# Task data:
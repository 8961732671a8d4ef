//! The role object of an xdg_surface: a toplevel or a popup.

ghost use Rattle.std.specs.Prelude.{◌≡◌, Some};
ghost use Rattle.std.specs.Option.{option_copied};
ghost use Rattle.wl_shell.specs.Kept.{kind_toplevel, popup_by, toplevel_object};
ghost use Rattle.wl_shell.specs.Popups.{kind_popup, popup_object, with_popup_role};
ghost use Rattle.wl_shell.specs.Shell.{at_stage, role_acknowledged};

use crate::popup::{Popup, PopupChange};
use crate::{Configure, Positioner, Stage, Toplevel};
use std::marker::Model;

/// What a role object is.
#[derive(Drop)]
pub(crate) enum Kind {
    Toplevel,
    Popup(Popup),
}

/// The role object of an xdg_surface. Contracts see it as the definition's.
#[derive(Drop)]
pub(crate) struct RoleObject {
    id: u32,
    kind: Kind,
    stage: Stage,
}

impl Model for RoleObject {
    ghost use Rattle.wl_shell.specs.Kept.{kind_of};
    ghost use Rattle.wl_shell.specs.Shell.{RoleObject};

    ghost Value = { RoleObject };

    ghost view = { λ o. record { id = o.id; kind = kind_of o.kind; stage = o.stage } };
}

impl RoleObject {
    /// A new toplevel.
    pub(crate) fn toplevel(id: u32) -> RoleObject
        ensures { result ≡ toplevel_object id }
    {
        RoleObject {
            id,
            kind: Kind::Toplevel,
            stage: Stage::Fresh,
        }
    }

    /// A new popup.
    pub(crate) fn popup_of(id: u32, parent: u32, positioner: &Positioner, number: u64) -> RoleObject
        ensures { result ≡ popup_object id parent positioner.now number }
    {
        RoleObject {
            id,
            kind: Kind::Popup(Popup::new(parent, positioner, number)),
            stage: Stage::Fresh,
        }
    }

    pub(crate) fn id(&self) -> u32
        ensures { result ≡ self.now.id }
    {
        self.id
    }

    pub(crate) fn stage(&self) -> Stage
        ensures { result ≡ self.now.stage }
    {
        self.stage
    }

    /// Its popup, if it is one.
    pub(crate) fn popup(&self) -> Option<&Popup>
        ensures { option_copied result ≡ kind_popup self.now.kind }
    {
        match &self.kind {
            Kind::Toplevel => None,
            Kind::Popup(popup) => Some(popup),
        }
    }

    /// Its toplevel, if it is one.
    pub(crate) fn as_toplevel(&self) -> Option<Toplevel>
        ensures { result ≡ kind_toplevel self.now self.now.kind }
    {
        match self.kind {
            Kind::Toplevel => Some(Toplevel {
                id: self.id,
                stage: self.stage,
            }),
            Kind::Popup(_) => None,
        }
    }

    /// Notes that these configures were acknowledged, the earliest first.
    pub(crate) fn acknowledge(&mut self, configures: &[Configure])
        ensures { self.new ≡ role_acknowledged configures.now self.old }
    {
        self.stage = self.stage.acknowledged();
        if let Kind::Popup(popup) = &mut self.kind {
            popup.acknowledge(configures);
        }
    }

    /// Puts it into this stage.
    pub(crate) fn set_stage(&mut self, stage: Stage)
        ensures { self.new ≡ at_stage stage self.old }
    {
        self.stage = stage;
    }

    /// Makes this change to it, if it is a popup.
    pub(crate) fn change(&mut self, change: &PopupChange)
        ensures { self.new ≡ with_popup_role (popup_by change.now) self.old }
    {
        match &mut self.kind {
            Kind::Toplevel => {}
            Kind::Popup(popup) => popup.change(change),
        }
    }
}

# Task objective:
Output the whole listing word for word.

# Result of this exercise:
repository 8961732671a8d4ef
//! The role object of an xdg_surface: a toplevel or a popup.

ghost use Rattle.std.specs.Prelude.{◌≡◌, Some};
ghost use Rattle.std.specs.Option.{option_copied};
ghost use Rattle.wl_shell.specs.Kept.{kind_toplevel, popup_by, toplevel_object};
ghost use Rattle.wl_shell.specs.Popups.{kind_popup, popup_object, with_popup_role};
ghost use Rattle.wl_shell.specs.Shell.{at_stage, role_acknowledged};

use crate::popup::{Popup, PopupChange};
use crate::{Configure, Positioner, Stage, Toplevel};
use std::marker::Model;

/// What a role object is.
#[derive(Drop)]
pub(crate) enum Kind {
    Toplevel,
    Popup(Popup),
}

/// The role object of an xdg_surface. Contracts see it as the definition's.
#[derive(Drop)]
pub(crate) struct RoleObject {
    id: u32,
    kind: Kind,
    stage: Stage,
}

impl Model for RoleObject {
    ghost use Rattle.wl_shell.specs.Kept.{kind_of};
    ghost use Rattle.wl_shell.specs.Shell.{RoleObject};

    ghost Value = { RoleObject };

    ghost view = { λ o. record { id = o.id; kind = kind_of o.kind; stage = o.stage } };
}

impl RoleObject {
    /// A new toplevel.
    pub(crate) fn toplevel(id: u32) -> RoleObject
        ensures { result ≡ toplevel_object id }
    {
        RoleObject {
            id,
            kind: Kind::Toplevel,
            stage: Stage::Fresh,
        }
    }

    /// A new popup.
    pub(crate) fn popup_of(id: u32, parent: u32, positioner: &Positioner, number: u64) -> RoleObject
        ensures { result ≡ popup_object id parent positioner.now number }
    {
        RoleObject {
            id,
            kind: Kind::Popup(Popup::new(parent, positioner, number)),
            stage: Stage::Fresh,
        }
    }

    pub(crate) fn id(&self) -> u32
        ensures { result ≡ self.now.id }
    {
        self.id
    }

    pub(crate) fn stage(&self) -> Stage
        ensures { result ≡ self.now.stage }
    {
        self.stage
    }

    /// Its popup, if it is one.
    pub(crate) fn popup(&self) -> Option<&Popup>
        ensures { option_copied result ≡ kind_popup self.now.kind }
    {
        match &self.kind {
            Kind::Toplevel => None,
            Kind::Popup(popup) => Some(popup),
        }
    }

    /// Its toplevel, if it is one.
    pub(crate) fn as_toplevel(&self) -> Option<Toplevel>
        ensures { result ≡ kind_toplevel self.now self.now.kind }
    {
        match self.kind {
            Kind::Toplevel => Some(Toplevel {
                id: self.id,
                stage: self.stage,
            }),
            Kind::Popup(_) => None,
        }
    }

    /// Notes that these configures were acknowledged, the earliest first.
    pub(crate) fn acknowledge(&mut self, configures: &[Configure])
        ensures { self.new ≡ role_acknowledged configures.now self.old }
    {
        self.stage = self.stage.acknowledged();
        if let Kind::Popup(popup) = &mut self.kind {
            popup.acknowledge(configures);
        }
    }

    /// Puts it into this stage.
    pub(crate) fn set_stage(&mut self, stage: Stage)
        ensures { self.new ≡ at_stage stage self.old }
    {
        self.stage = stage;
    }

    /// Makes this change to it, if it is a popup.
    pub(crate) fn change(&mut self, change: &PopupChange)
        ensures { self.new ≡ with_popup_role (popup_by change.now) self.old }
    {
        match &mut self.kind {
            Kind::Toplevel => {}
            Kind::Popup(popup) => popup.change(change),
        }
    }
}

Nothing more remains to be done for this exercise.